> _Exercise requirements_
Find the line containing "repository 68e94949c23ddba3" in the records below. Copy exactly that line and each one after it, ending at the line containing "use terminals_deck::Deck;", and nothing more.

....................

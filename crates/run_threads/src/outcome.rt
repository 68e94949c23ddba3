//! What comes of a run.
ghost use Rattle.std.specs.Prelude.{◌≡◌, false};

use crate::counts::Counts;
use crate::tally::Tally;
use book::{Closed, Run};
use log_disk::Disk;
use logger::Logger;
use terminals_deck::Deck;

/// What comes of a run: what its terminals have counted, what their loggers have made durable, and what was committed.
#[derive(Drop)]
pub struct Outcome<K: Run, D: Disk> {
    pub counts: Counts,
    /// What came of each terminal's inputs, in the order of their numbers: the first four counts are the sums of these.
    pub tallies: Vec<Tally>,
    /// The terminals' decks, in the same order, behind all inputs of the run.
    pub decks: Vec<Deck>,
    /// The loggers' files, in the order of their loggers.
    pub files: Vec<Written<D>>,
    /// What has committed.
    pub closed: Closed<K>,
}

/// A logger at the end of a run.
#[derive(Drop)]
pub struct Written<D: Disk> {
    pub logger: Logger<D>,
    /// Whether it stopped before the end: its device has failed.
    pub has_stopped: bool,
    /// Whether it had no memory for its last batch, which isn't in its file.
    pub lacks_memory: bool,
    pub ghost told: { has_stopped ≡ false → logger.file.failed ≡ false },
}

....................

> _Answer for this exercise_
repository 68e94949c23ddba3
//! What comes of a run.
ghost use Rattle.std.specs.Prelude.{◌≡◌, false};

use crate::counts::Counts;
use crate::tally::Tally;
use book::{Closed, Run};
use log_disk::Disk;
use logger::Logger;
use terminals_deck::Deck;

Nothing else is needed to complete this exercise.